Directions for this task =
Output only the lines of the entries that follow, starting at the one with "use crate::table::find;" and running down to the one with "fn is_android(namespace: Option<&str>)", both included and unchanged.

Information supplied =

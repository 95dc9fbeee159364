//! Which attributes of a layout file are known.
ghost use Rattle.std.specs.Prelude.{◌≡◌, ◌<◌, IfSome, option_map};
ghost use Rattle.attr_table.specs.Attributes.{known_count};
ghost use Rattle.attr_table.specs.Taking.{is_android, known_place, place_named};

use crate::table::find;
use axml_chunks::Pool;
use axml_reader::Attr;

/// The namespace of the attributes that are known.
const ANDROID: &str = "http://schemas.android.com/apk/res/android";

/// The place of an attribute in the table, if it is known.
#[tactic(auto, unfolding(crate::specs::Taking::known_place))]
pub fn known_place(pool: &Pool, attr: Attr) -> Option<usize>
    ensures place { result ≡ known_place pool.now attr }
    ensures within { IfSome result (λ place. place < known_count) }
{
    if !is_android(pool.text(attr.ns)) {
        return None;
    }
    place_named(pool.text(attr.name))
}

/// Whether a namespace is that of the attributes that are known.
fn is_android(namespace: Option<&str>) -> bool
    ensures { result ≡ is_android (option_map (λ text. text.now) namespace.entry) }
{
    match namespace {
        Some(text) => text == ANDROID,
        None => false,
    }
}

/// The place in the table of the attribute with this local name; `None` without a name, or if it is not known.
fn place_named(name: Option<&str>) -> Option<usize>
    ensures place { result ≡ place_named (option_map (λ text. text.now) name.entry) }
    ensures within { IfSome result (λ place. place < known_count) }
{
    find(name?)
}
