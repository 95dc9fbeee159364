//! The attributes of an element of a layout file, and the facts that they set.
//!
//! `take` (`taking`) makes a `Taken` of an element: `Facts`, a text, and how many attributes were ignored; or an
//! `AttrFault` (`fault`). `table` has the attributes that are known, `known` finds one; `types` the types of values,
//! `values` what a value means and `given` the form of that; `source` is a document with its resources and density,
//! `draft` what was set so far, and `setting` sets a value in it.
//!
//! `inflater` calls it for each element. A new attribute is a row of `table` and an arm of `setting`.
//!
//!     let taken = take(alloc, &doc, node, &res, 160)?;    // the element that begins at this node, at 160 dots an inch
//!     taken.facts.padding                                 // from `android:padding`, in pixels
#![tactic(auto)]

mod draft;
mod fault;
mod given;
mod known;
mod setting;
mod source;
mod table;
mod taking;
mod types;
mod values;

pub use fault::AttrFault;
pub use source::Source;
pub use taking::{Taken, take};
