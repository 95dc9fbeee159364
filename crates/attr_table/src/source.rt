//! A document, and what the values of its attributes are read with.

use axml_reader::Doc;
use res_values::Resources;

/// A document, the resources that its attributes name, and the density of the screen in dots an inch.
#[derive(Clone, Copy)]
pub struct Source<'a> {
    pub doc: &'a Doc,
    pub res: &'a Resources,
    pub dpi: u32,
}
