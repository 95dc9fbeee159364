//! The table of attributes: the name of each, what its value may be and what it sets.
//!
//! The table is here and once more in `specs/Attributes.antt`, and each row is proved to be the one there: so
//! definitions read the list alone, and a mistake would have to be made twice. For an attribute that takes an id, the
//! id is that of the reference whether it has a value or not; a reference to 0 is null.
ghost use Rattle.std.specs.Prelude.{◌≡◌, ◌<◌, IfSome, Some, length, map, slice_get};
ghost use Rattle.attr_table.specs.Attributes.{known_count};
ghost use Rattle.attr_table.specs.Table.{attribute, place_in, place_of, slot_at, takes_at};

use view_model::limits::{MAX_INSET, MAX_SIZE, MIN_MARGIN};

/// What the value of an attribute may be.
#[derive(Clone, Copy)]
pub enum Takes {
    /// A reference, whose id counts and not what it names.
    Reference,
    /// A dimension or its resource, or a whole number of pixels from 0, `MATCH` or `WRAP`.
    Extent,
    /// A dimension or its resource, from this number of pixels to that one.
    Length { low: i64, high: i64 },
    /// A float, or a whole number, given in 256ths.
    Weight,
    /// Any whole number, as its word.
    Whole,
    /// A whole number below this one.
    Below(u32),
    /// A colour or its resource, or null for none.
    Color,
    /// A text or its resource, or null for none.
    Text,
    /// A boolean, given as 1 or 0.
    Boolean,
}

/// A side of a view.
#[derive(Clone, Copy)]
pub enum Side {
    Left,
    Top,
    Right,
    Bottom,
    Start,
    End,
}

/// What an attribute sets.
#[derive(Clone, Copy)]
pub enum Slot {
    Id,
    Width,
    Height,
    /// The margins of all sides.
    Margins,
    Margin(Side),
    /// The padding of all sides.
    Paddings,
    Padding(Side),
    MinWidth,
    MinHeight,
    Weight,
    WeightSum,
    /// Where the view is placed in its parent.
    LayoutGravity,
    /// Where a group places its children.
    Gravity,
    Vertical,
    Visibility,
    Direction,
    Background,
    Ink,
    Text,
    Click,
    Clip,
    Fill,
    Split,
    /// The rule at this place of `Rules::values`.
    Rule(u8),
}

/// How many attributes are known.
pub const KNOWN: usize = 54;

/// The place of the width.
pub const WIDTH: usize = 1;

/// The place of the height.
pub const HEIGHT: usize = 2;

const MARGIN: Takes = Takes::Length {
    low: MIN_MARGIN,
    high: MAX_INSET,
};

const PADDING: Takes = Takes::Length {
    low: 0,
    high: MAX_INSET,
};

const MINIMUM: Takes = Takes::Length {
    low: 0,
    high: MAX_SIZE,
};

/// The attributes that are known.
#[rattlefmt::skip]
pub const ATTRIBUTES: [(&str, Takes, Slot); KNOWN] = [
    ("id", Takes::Reference, Slot::Id),
    ("layout_width", Takes::Extent, Slot::Width),
    ("layout_height", Takes::Extent, Slot::Height),
    ("layout_margin", MARGIN, Slot::Margins),
    ("layout_marginLeft", MARGIN, Slot::Margin(Side::Left)),
    ("layout_marginTop", MARGIN, Slot::Margin(Side::Top)),
    ("layout_marginRight", MARGIN, Slot::Margin(Side::Right)),
    ("layout_marginBottom", MARGIN, Slot::Margin(Side::Bottom)),
    ("layout_marginStart", MARGIN, Slot::Margin(Side::Start)),
    ("layout_marginEnd", MARGIN, Slot::Margin(Side::End)),
    ("padding", PADDING, Slot::Paddings),
    ("paddingLeft", PADDING, Slot::Padding(Side::Left)),
    ("paddingTop", PADDING, Slot::Padding(Side::Top)),
    ("paddingRight", PADDING, Slot::Padding(Side::Right)),
    ("paddingBottom", PADDING, Slot::Padding(Side::Bottom)),
    ("paddingStart", PADDING, Slot::Padding(Side::Start)),
    ("paddingEnd", PADDING, Slot::Padding(Side::End)),
    ("minWidth", MINIMUM, Slot::MinWidth),
    ("minHeight", MINIMUM, Slot::MinHeight),
    ("layout_weight", Takes::Weight, Slot::Weight),
    ("weightSum", Takes::Weight, Slot::WeightSum),
    ("layout_gravity", Takes::Whole, Slot::LayoutGravity),
    ("gravity", Takes::Whole, Slot::Gravity),
    ("orientation", Takes::Below(2), Slot::Vertical),
    ("visibility", Takes::Below(3), Slot::Visibility),
    ("layoutDirection", Takes::Below(4), Slot::Direction),
    ("background", Takes::Color, Slot::Background),
    ("textColor", Takes::Color, Slot::Ink),
    ("text", Takes::Text, Slot::Text),
    ("clickable", Takes::Boolean, Slot::Click),
    ("clipToPadding", Takes::Boolean, Slot::Clip),
    ("fillViewport", Takes::Boolean, Slot::Fill),
    ("splitMotionEvents", Takes::Boolean, Slot::Split),
    ("layout_toLeftOf", Takes::Reference, Slot::Rule(0)),
    ("layout_toRightOf", Takes::Reference, Slot::Rule(1)),
    ("layout_above", Takes::Reference, Slot::Rule(2)),
    ("layout_below", Takes::Reference, Slot::Rule(3)),
    ("layout_alignLeft", Takes::Reference, Slot::Rule(4)),
    ("layout_alignTop", Takes::Reference, Slot::Rule(5)),
    ("layout_alignRight", Takes::Reference, Slot::Rule(6)),
    ("layout_alignBottom", Takes::Reference, Slot::Rule(7)),
    ("layout_toStartOf", Takes::Reference, Slot::Rule(8)),
    ("layout_toEndOf", Takes::Reference, Slot::Rule(9)),
    ("layout_alignStart", Takes::Reference, Slot::Rule(10)),
    ("layout_alignEnd", Takes::Reference, Slot::Rule(11)),
    ("layout_alignParentLeft", Takes::Boolean, Slot::Rule(12)),
    ("layout_alignParentTop", Takes::Boolean, Slot::Rule(13)),
    ("layout_alignParentRight", Takes::Boolean, Slot::Rule(14)),
    ("layout_alignParentBottom", Takes::Boolean, Slot::Rule(15)),
    ("layout_alignParentStart", Takes::Boolean, Slot::Rule(16)),
    ("layout_alignParentEnd", Takes::Boolean, Slot::Rule(17)),
    ("layout_centerInParent", Takes::Boolean, Slot::Rule(18)),
    ("layout_centerHorizontal", Takes::Boolean, Slot::Rule(19)),
    ("layout_centerVertical", Takes::Boolean, Slot::Rule(20)),
];

/// The place of a name in the table.
#[tactic(auto, unfolding(crate::specs::Attributes::attributes))]
pub fn find(name: &str) -> Option<usize>
    ensures place { result ≡ place_of name.now }
    ensures within { IfSome result (λ place. place < known_count) }
{
    place_in(&ATTRIBUTES, name)
}

/// What the value of the attribute at a place may be.
#[tactic(auto, unfolding(crate::specs::Attributes::attributes))]
pub fn takes_at(place: usize) -> Takes
    requires { place < known_count }
    ensures { result ≡ takes_at place }
{
    row_in(&ATTRIBUTES, place).1
}

/// What the attribute at a place sets.
#[tactic(auto, unfolding(crate::specs::Attributes::attributes))]
pub fn slot_at(place: usize) -> Slot
    requires { place < known_count }
    ensures { result ≡ slot_at place }
{
    row_in(&ATTRIBUTES, place).2
}

/// The place of a name in a table. Lengths are compared before bytes, so a long name costs no more than a short one.
fn place_in(table: &[(&str, Takes, Slot)], name: &str) -> Option<usize>
    ensures place { result ≡ place_in (map attribute table.now) name.now }
    ensures within { IfSome result (λ place. place < length table.now) }
{
    table.iter().position(|row| row.0 == name)
}

/// The row at a place of a table, which has to have it.
fn row_in<'a>(table: &[(&'a str, Takes, Slot)], place: usize) -> (&'a str, Takes, Slot)
    requires { place < length table.now }
    ensures { slice_get (map attribute table.now) place ≡ Some (attribute result) }
{
    table[place]
}
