//! The types of values.

pub const NULL: u8 = 0x00;
/// The word is the id of a resource, or 0.
pub const REFERENCE: u8 = 0x01;
/// The word names an attribute of a theme.
pub const THEME: u8 = 0x02;
/// The word is a string number.
pub const STRING: u8 = 0x03;

pub const FLOAT: u8 = 0x04;

pub const DIMENSION: u8 = 0x05;
/// A whole number, written with decimal digits.
pub const DECIMAL: u8 = 0x10;
/// A whole number, written with hexadecimal digits.
pub const HEXADECIMAL: u8 = 0x11;
/// True if the word is not 0.
pub const BOOLEAN: u8 = 0x12;
/// This type and those up to `LAST_COLOR` are colours, and the word has all four channels in each.
pub const FIRST_COLOR: u8 = 0x1c;

pub const LAST_COLOR: u8 = 0x1f;
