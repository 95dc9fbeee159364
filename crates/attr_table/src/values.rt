//! What the value of an attribute means, by what the attribute takes.
ghost use Rattle.std.specs.Prelude.{◌≡◌, ◌<◌, IfOk, Some, chars, option_map, slice_get};
ghost use Rattle.geom_core.specs.Numbers.{wrap_content};
ghost use Rattle.view_model.specs.Numbers.{max_size};
ghost use Rattle.res_values.specs.Values.{resource};
ghost use Rattle.attr_table.specs.declared.given.Given.TheVariants as says;
ghost use Rattle.attr_table.specs.Taken.{FoundAs};
ghost use Rattle.attr_table.specs.Values.{below_given, boolean_given, color_of, dimension_of, extent_given, found_of, given_of, is_color, is_nothing, is_whole, pixels_within, reference_given, signed, takes_reference, text_of, weight_given, whole_given};
ghost use Rattle.view_model.specs.Texts.{IsShortText};

use crate::given::Given;
use crate::source::Source;
use crate::table::Takes;
use crate::types::{
    BOOLEAN, DECIMAL, DIMENSION, FIRST_COLOR, FLOAT, HEXADECIMAL, LAST_COLOR, NULL, REFERENCE,
    STRING,
};
use axml_chunks::Pool;
use axml_reader::Attr;
use geom_core::WRAP;
use res_values::{Resources, Value};
use std::alloc::{AllocError, Global};
use view_model::limits::{MAX_SIZE, MAX_WEIGHT};
use view_model::refusals::UNRESOLVED;
use view_model::{Refusal, Text, px, weight};

/// The greatest weight as a whole number.
pub const MAX_WHOLE_WEIGHT: u32 = MAX_WEIGHT / 256;

/// The resource that an attribute's value names, if it names one.
#[tactic(auto, unfolding(crate::specs::Values::found_of))]
pub fn find_resource<'a>(
    res: &'a Resources,
    takes: Takes,
    attr: Attr,
) -> Result<Option<&'a Value>, Refusal>
    ensures { FoundAs (found_of res.now takes attr.kind attr.word) result }
{
    if attr.kind != REFERENCE || takes_reference(takes) || attr.word == 0 {
        return Ok(None);
    }
    match res.get(attr.word) {
        Some(value) => Ok(Some(value)),
        None => Err(Refusal::plain(UNRESOLVED)),
    }
}

/// Whether the id of a reference counts, and not the resource that it names.
fn takes_reference(takes: Takes) -> bool
    ensures { result ≡ takes_reference takes }
{
    matches!(takes, Takes::Reference)
}

/// The meaning of an attribute's value, if the attribute takes such a value; `found` is the resource that it names.
pub fn given(
    alloc: Global,
    source: &Source,
    takes: Takes,
    attr: Attr,
    found: Option<&Value>,
) -> Result<Option<Given>, AllocError>
    ensures { IfOk result (λ given. given ≡ given_of source.now.doc.now.pool source.now.dpi takes attr.kind attr.word
        (option_map (λ value. resource value.now) found.entry)) }
{
    let Attr { kind, word, .. } = attr;
    let dpi = source.dpi;
    match takes {
        Takes::Text => text(alloc, &source.doc.pool, kind, word, found),
        Takes::Reference => Ok(reference(kind, word)),
        Takes::Extent => Ok(extent(dpi, kind, word, found)),
        Takes::Length { low, high } => Ok(pixels_within(
            low,
            high,
            dimension(dpi, kind, word, found),
        )),
        Takes::Weight => Ok(weight_given(kind, word)),
        Takes::Whole => Ok(whole(kind, word)),
        Takes::Below(count) => Ok(below(count, kind, word)),
        Takes::Color => Ok(color(kind, word, found)),
        Takes::Boolean => Ok(boolean(kind, word)),
    }
}

/// Whether a type is that of whole numbers.
fn is_whole(kind: u8) -> bool
    ensures { result ≡ is_whole kind }
{
    kind == DECIMAL || kind == HEXADECIMAL
}

/// Whether a type is one of those of colours.
fn is_color(kind: u8) -> bool
    ensures { result ≡ is_color kind }
{
    FIRST_COLOR <= kind && kind <= LAST_COLOR
}

/// Whether a value is null or a reference to nothing.
fn is_nothing(kind: u8, word: u32) -> bool
    ensures { result ≡ is_nothing kind word }
{
    kind == NULL || (kind == REFERENCE && word == 0)
}

/// The id that a word is, if its type is that of references.
#[tactic(auto, unfolding(crate::specs::Values::reference_given))]
fn reference(kind: u8, word: u32) -> Option<Given>
    ensures { result ≡ reference_given kind word }
{
    if kind == REFERENCE {
        return Some(Given::Word(word));
    }
    None
}

/// Pixels of a width or a height.
#[tactic(auto, unfolding(crate::specs::Values::extent_given))]
fn extent(dpi: u32, kind: u8, word: u32, found: Option<&Value>) -> Option<Given>
    ensures { result ≡ extent_given dpi kind word (option_map (λ value. resource value.now) found.entry) }
{
    if is_whole(kind) {
        return whole_extent(signed(word));
    }
    pixels_within(0, MAX_SIZE, dimension(dpi, kind, word, found))
}

/// A whole number of pixels, `MATCH` or `WRAP`.
#[tactic(auto, unfolding(crate::specs::Values::pixels_within))]
fn whole_extent(n: i64) -> Option<Given>
    ensures { result ≡ pixels_within wrap_content max_size (Some n) }
{
    if i64::from(WRAP) <= n && n <= MAX_SIZE {
        return Some(Given::Pixels(n as i32));
    }
    None
}

/// The whole number that a word is.
#[tactic(auto, unfolding(crate::specs::Values::signed))]
fn signed(word: u32) -> i64
    ensures { result ≡ signed word }
{
    if word < 0x8000_0000 {
        i64::from(word)
    } else {
        i64::from(word) - 0x1_0000_0000
    }
}

/// The number of pixels, if there is one from `low` to `high`, both included.
#[tactic(auto, unfolding(crate::specs::Values::pixels_within))]
fn pixels_within(low: i64, high: i64, n: Option<i32>) -> Option<Given>
    ensures { result ≡ pixels_within low high n }
{
    let n = n?;
    if low <= i64::from(n) && i64::from(n) <= high {
        return Some(Given::Pixels(n));
    }
    None
}

/// The pixels of a dimension or of its resource.
#[tactic(auto, unfolding(crate::specs::Values::dimension_of))]
fn dimension(dpi: u32, kind: u8, word: u32, found: Option<&Value>) -> Option<i32>
    ensures { result ≡ dimension_of dpi kind word (option_map (λ value. resource value.now) found.entry) }
{
    match found {
        Some(Value::Dimen(word)) => px(*word, dpi),
        Some(_) => None,
        None => {
            if kind == DIMENSION {
                return px(word, dpi);
            }
            None
        }
    }
}

/// A weight in 256ths.
#[tactic(auto, unfolding(crate::specs::Values::weight_given))]
fn weight_given(kind: u8, word: u32) -> Option<Given>
    ensures { result ≡ weight_given kind word }
{
    if kind == FLOAT {
        let weight = weight(word)?;
        return Some(Given::Word(weight));
    }
    if is_whole(kind) && word <= MAX_WHOLE_WEIGHT {
        return Some(Given::Word(256 * word));
    }
    None
}

/// The word, if its type is that of whole numbers.
#[tactic(auto, unfolding(crate::specs::Values::whole_given))]
fn whole(kind: u8, word: u32) -> Option<Given>
    ensures { result ≡ whole_given kind word }
{
    if is_whole(kind) {
        return Some(Given::Word(word));
    }
    None
}

/// The word, if it is a whole number below `count`.
#[tactic(auto, unfolding(crate::specs::Values::below_given))]
fn below(count: u32, kind: u8, word: u32) -> Option<Given>
    ensures { result ≡ below_given count kind word }
{
    if is_whole(kind) && word < count {
        return Some(Given::Word(word));
    }
    None
}

/// The colour of a value or of the resource that it names. Null is 0; a resource or a value of another type has none.
#[tactic(auto, unfolding(crate::specs::Values::color_of))]
fn color(kind: u8, word: u32, found: Option<&Value>) -> Option<Given>
    ensures { result ≡ color_of kind word (option_map (λ value. resource value.now) found.entry) }
{
    match found {
        Some(Value::Color(color)) => Some(Given::Word(color.0)),
        Some(_) => None,
        None => {
            if is_color(kind) {
                return Some(Given::Word(word));
            }
            if is_nothing(kind, word) {
                return Some(Given::Word(0));
            }
            None
        }
    }
}

/// A copy of the characters of a value or of the resource that it names. Null is empty; a resource or a value of
/// another type has none. `Err` where there is no memory.
#[tactic(auto, unfolding(crate::specs::Values::text_of))]
fn text(
    alloc: Global,
    pool: &Pool,
    kind: u8,
    word: u32,
    found: Option<&Value>,
) -> Result<Option<Given>, AllocError>
    ensures { IfOk result (λ given. given
        ≡ text_of pool.now kind word (option_map (λ value. resource value.now) found.entry)) }
{
    match found {
        Some(Value::Text(text)) => Ok(Some(Given::Text(text.copy(alloc)?))),
        Some(_) => Ok(None),
        None => {
            if kind == STRING {
                return string(alloc, pool, word);
            }
            if is_nothing(kind, word) {
                return Ok(Some(Given::Text(Text::empty(alloc))));
            }
            Ok(None)
        }
    }
}

/// The characters of a string.
fn string(alloc: Global, pool: &Pool, number: u32) -> Result<Option<Given>, AllocError>
    ensures { IfOk result (λ given. given
        ≡ option_map (λ text. says.Text (chars text)) (slice_get pool.now.texts number)) }
{
    match pool.text(number) {
        Some(text) => Ok(Some(Given::Text(characters(alloc, text)?))),
        None => Ok(None),
    }
}

/// A copy of a text that is short enough to be one. `Err` where there is no memory.
fn characters(alloc: Global, text: &str) -> Result<Text, AllocError>
    requires { IsShortText text.now }
    ensures { IfOk result (λ made. made ≡ chars text.now) }
{
    Ok(Text::new(alloc, text)?)
}

/// 0 for false and 1 for anything else, if the type is that of booleans.
#[tactic(auto, unfolding(crate::specs::Values::boolean_given))]
fn boolean(kind: u8, word: u32) -> Option<Given>
    ensures { result ≡ boolean_given kind word }
{
    if kind == BOOLEAN {
        return Some(Given::Word(u32::from(word != 0)));
    }
    None
}
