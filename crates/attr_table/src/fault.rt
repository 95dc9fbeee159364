//! Why the attributes of an element are not taken.

use view_model::Fault;

/// Why the attributes of an element are not taken.
pub type AttrFault = Fault;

Response to the exercise =
use crate::table::find;
use axml_chunks::Pool;
use axml_reader::Attr;

/// The namespace of the attributes that are known.
const ANDROID: &str = "http://schemas.android.com/apk/res/android";

/// The place of an attribute in the table, if it is known.
#[tactic(auto, unfolding(crate::specs::Taking::known_place))]
pub fn known_place(pool: &Pool, attr: Attr) -> Option<usize>
    ensures place { result ≡ known_place pool.now attr }
    ensures within { IfSome result (λ place. place < known_count) }
{
    if !is_android(pool.text(attr.ns)) {
        return None;
    }
    place_named(pool.text(attr.name))
}

/// Whether a namespace is that of the attributes that are known.
fn is_android(namespace: Option<&str>) -> bool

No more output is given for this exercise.